Welche Pflanzen empfehlt ihr für Teich und Ufer, damit heimische Tiere sich wohlfühlen?

Grüße vom hexxchen


----------



## Teichforum.info (13. Apr. 2005)

Hallo hexxchen,

ich schlage vor, einer der Mods verschiebt diesen Teil und macht Dir einen eigenen Thread dafür auf. Dennoch hierzu meine Antwort:

Ein reiner Pflanzenteich ist sehr tolerant, Teilwasserwechsel werden eigentlich nicht erforderlich. Dennoch _kann _man einen Teilwasserwechsel vornehmen (dann würde ich aber nicht unter 50 % des Wasservolumens anfangen). Wenn Dich das bräunliche (wie ich vermute) Wasser stört, würde ich mir allerdings keinen allzu grossen optischen Effekt davon versprechen. Die braune Farbe kommt von irgendwelchen Substanzen (z.B. verrottendes Laub), die ja im Teich verbleiben und auch das Frischwasser wieder einfärben werden. Mein Teich ist derzeit auch brauner gefärbt als er es in einem Monat sein wird. Die Färbung sollte sich mit fortschreitendem Frühjahr rasch legen.

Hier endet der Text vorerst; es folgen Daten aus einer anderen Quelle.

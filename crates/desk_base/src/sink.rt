//! Sink: where output goes. A clause sees what was written, if it tells, and a count of faults.

ghost use Rattle.std.specs.Prelude.{ℕ, List, Option};
ghost use Rattle.desk_base.specs.Streams.{HasCause, Appended};

use crate::Failed;

/// A stream of bytes to write.
pub trait Sink {
    /// The bytes written so far, where the sink tells them.
    ghost written: { Self → Option (List ℕ) };

    /// How many calls have failed so far. The count stands still at 2^64 - 1.
    ghost faults: { Self → ℕ };

    /// Writes all the bytes. A failed call may have written some of them, from the front.
    fn write_all(&mut self, bytes: &[u8]) -> Result<(), Failed>
        ensures appended { Appended (written self.old) (written self.new) bytes.now result }
        ensures cause { HasCause (faults self.old) (faults self.new) result };
}
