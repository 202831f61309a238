//! Sizes: how many bytes a part of an entry takes where entries are kept. Each part is added to a size so far, and a size stops at
//! the greatest `u64`.

ghost use Rattle.std.specs.Prelude.{◌≡◌, ◌+◌, ◌-◌, ◌^◌, min};
ghost use Rattle.desk_base.specs.Sizes as spec;

/// The bytes of a day.
pub const DAY_SIZE: u64 = 4;

/// The bytes of an id: four for its law number, two for its item.
pub const ID_SIZE: u64 = 6;

/// The bytes of a period: two days, whether it ends or not.
pub const PERIOD_SIZE: u64 = 8;

/// A size with that of a num or of a drafter's name, behind its length in one byte.
pub fn plus_name(size: u64, name: &str) -> u64
    ensures { result ≡ min (size + spec.name_size name.now) (2 ^ 64 - 1) }
{
    size.saturating_add(1 + name.len() as u64)
}

/// A size with that of a text, behind its length in two bytes.
pub fn plus_text(size: u64, text: &str) -> u64
    ensures { result ≡ min (size + spec.text_size text.now) (2 ^ 64 - 1) }
{
    size.saturating_add(2 + text.len() as u64)
}
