//! Pair: a link made of a source and a sink. A clause sees both.

ghost use Rattle.std.specs.Prelude.{◌≡◌, [], ◌∷◌};
ghost use Rattle.desk_base.specs.Streams.{HasCause, LowersRoom, Appended};

use crate::{Failed, Link, Sink, Source};

/// A source and a sink, lent to one link.
#[derive(Drop)]
pub struct Pair<'a, S, W> {
    source: &'a mut S,
    sink: &'a mut W,
}

impl<'a, S: Source, W: Sink> Pair<'a, S, W> {
    /// The link that reads from this source and writes to this sink.
    pub fn new(source: &'a mut S, sink: &'a mut W) -> Pair<'a, S, W>
        ensures source { result.source.now ≡ source.old }
        ensures sink { result.sink.now ≡ sink.old }
        ensures same_source { result.source.ghost_name ≡ source.entry.ghost_name }
        ensures same_sink { result.sink.ghost_name ≡ sink.entry.ghost_name }
    {
        Pair { source, sink }
    }
}

impl<'a, S: Source, W: Sink> Link for Pair<'a, S, W> {
    ghost left = { λ link. S.left link.source.now };

    ghost room = { λ link. S.room link.source.now };

    ghost read_faults = { λ link. S.faults link.source.now };

    ghost written = { λ link. W.written link.sink.now };

    ghost write_faults = { λ link. W.faults link.sink.now };

    ghost origin = { λ link. link.source.ghost_name ∷ link.sink.ghost_name ∷ [] };

    fn read(&mut self, into: &mut [u8]) -> Result<usize, Failed> {
        self.source.read(into)
    }

    fn write_all(&mut self, bytes: &[u8]) -> Result<(), Failed> {
        self.sink.write_all(bytes)
    }
}
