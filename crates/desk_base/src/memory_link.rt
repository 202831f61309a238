//! MemoryLink: a link in memory. A clause sees its source and its sink.

ghost use Rattle.std.specs.Prelude.{◌≡◌, ◌≤◌, ◌↔◌, [], Some, IfOk, IsErr, IsTrue, length};
ghost use Rattle.std.specs.Io.{ReadsAtMost};
ghost use Rattle.std.specs.Io.KnownBytes.{ReadConsumes};
ghost use Rattle.desk_base.specs.MemoryStreams as spec;
ghost use Rattle.desk_base.specs.Streams.{HasCause, LowersRoom, Appended};

use crate::{BytesSink, BytesSource, Failed, Link, Memory, Sink, Source};
use std::alloc::Global;

/// Bytes in memory as a link, and what is written to it. Some of its reads fail, and some of its writes.
#[derive(Debug, Drop)]
pub struct MemoryLink {
    source: BytesSource,
    sink: BytesSink,
}

impl MemoryLink {
    /// A link of these bytes. A read gives at most `piece` of them, which is at least 1, and it takes `capacity`
    /// bytes in all. The reads and the writes of the numbers that are listed, each counted from 1, fail.
    pub fn new(
        alloc: Global,
        bytes: &[u8],
        piece: usize,
        capacity: usize,
        failing_reads: &[u64],
        failing_writes: &[u64],
    ) -> Result<MemoryLink, Memory>
        requires { 1 ≤ piece }
        ensures source { IfOk result (λ link. link.source ≡ spec.new_source bytes.now piece failing_reads.now) }
        ensures sink { IfOk result (λ link. link.sink ≡ spec.new_sink capacity failing_writes.now) }
    {
        Ok(MemoryLink {
            source: BytesSource::new(alloc, bytes, piece, failing_reads)?,
            sink: BytesSink::new(alloc, capacity, failing_writes)?,
        })
    }

    /// What is written so far.
    pub fn written(&self) -> &[u8]
        ensures { result.now ≡ self.now.sink.written }
    {
        self.sink.bytes()
    }
}

impl Link for MemoryLink {
    ghost left = { λ link. Some link.source.left };

    ghost room = { λ link. length link.source.left };

    ghost read_faults = { λ link. link.source.faults };

    ghost written = { λ link. Some link.sink.written };

    ghost write_faults = { λ link. link.sink.faults };

    ghost origin = { λ link. [] };

    /// Fails exactly where a source in memory does, and gives what that one gives.
    fn read(&mut self, into: &mut [u8]) -> Result<usize, Failed>
        ensures fits { ReadsAtMost result into.new }
        ensures taken { ReadConsumes (Some self.old.source.left) (Some self.new.source.left) result into.new }
        ensures room { LowersRoom (length self.old.source.left) (length self.new.source.left) result }
        ensures cause { HasCause self.old.source.faults self.new.source.faults result }
        ensures fails { IsErr result ↔ IsTrue (spec.next_fails self.old.source.plan) }
        ensures counted { self.new.source.plan ≡ spec.after_call self.old.source.plan }
        ensures piece { self.new.source.piece ≡ self.old.source.piece }
        ensures given { IfOk result (λ n. n ≡ spec.given_count self.old.source (length into.new)) }
        ensures sink { self.new.sink ≡ self.old.sink }
    {
        self.source.read(into)
    }

    /// Fails exactly where a sink in memory does, and writes what that one writes.
    fn write_all(&mut self, bytes: &[u8]) -> Result<(), Failed>
        ensures appended { Appended (Some self.old.sink.written) (Some self.new.sink.written) bytes.now result }
        ensures cause { HasCause self.old.sink.faults self.new.sink.faults result }
        ensures fails { IsErr result ↔ IsTrue (spec.write_fails self.old.sink bytes.now) }
        ensures written { self.new.sink.written ≡ spec.written_after self.old.sink bytes.now }
        ensures counted { self.new.sink.plan ≡ spec.after_call self.old.sink.plan }
        ensures capacity { self.new.sink.capacity ≡ self.old.sink.capacity }
        ensures source { self.new.source ≡ self.old.source }
    {
        self.sink.write_all(bytes)
    }
}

Springbrunnen: Das mit den Kleinstlebewesen lassen wir einmal dahingestellt (die diesbeügliche Behauptung von Stanjek möchte ich nicht allgemein und blanko unterschreiben, allerdings auch keine bewusst unwahren Fotos unterstellen). Wenn wir aber schon von Kleinstlebewesen reden, sprechen wir von mikroskopischen Grössenordnungen (ich habe hier vor einiger Zeit Fotos mit Grössen eingestellt). Wie willst Du sie "schützen", wenn die Pumpe tatsächlich ein alles vernichtendes Mahlwerk darstellen sollte ?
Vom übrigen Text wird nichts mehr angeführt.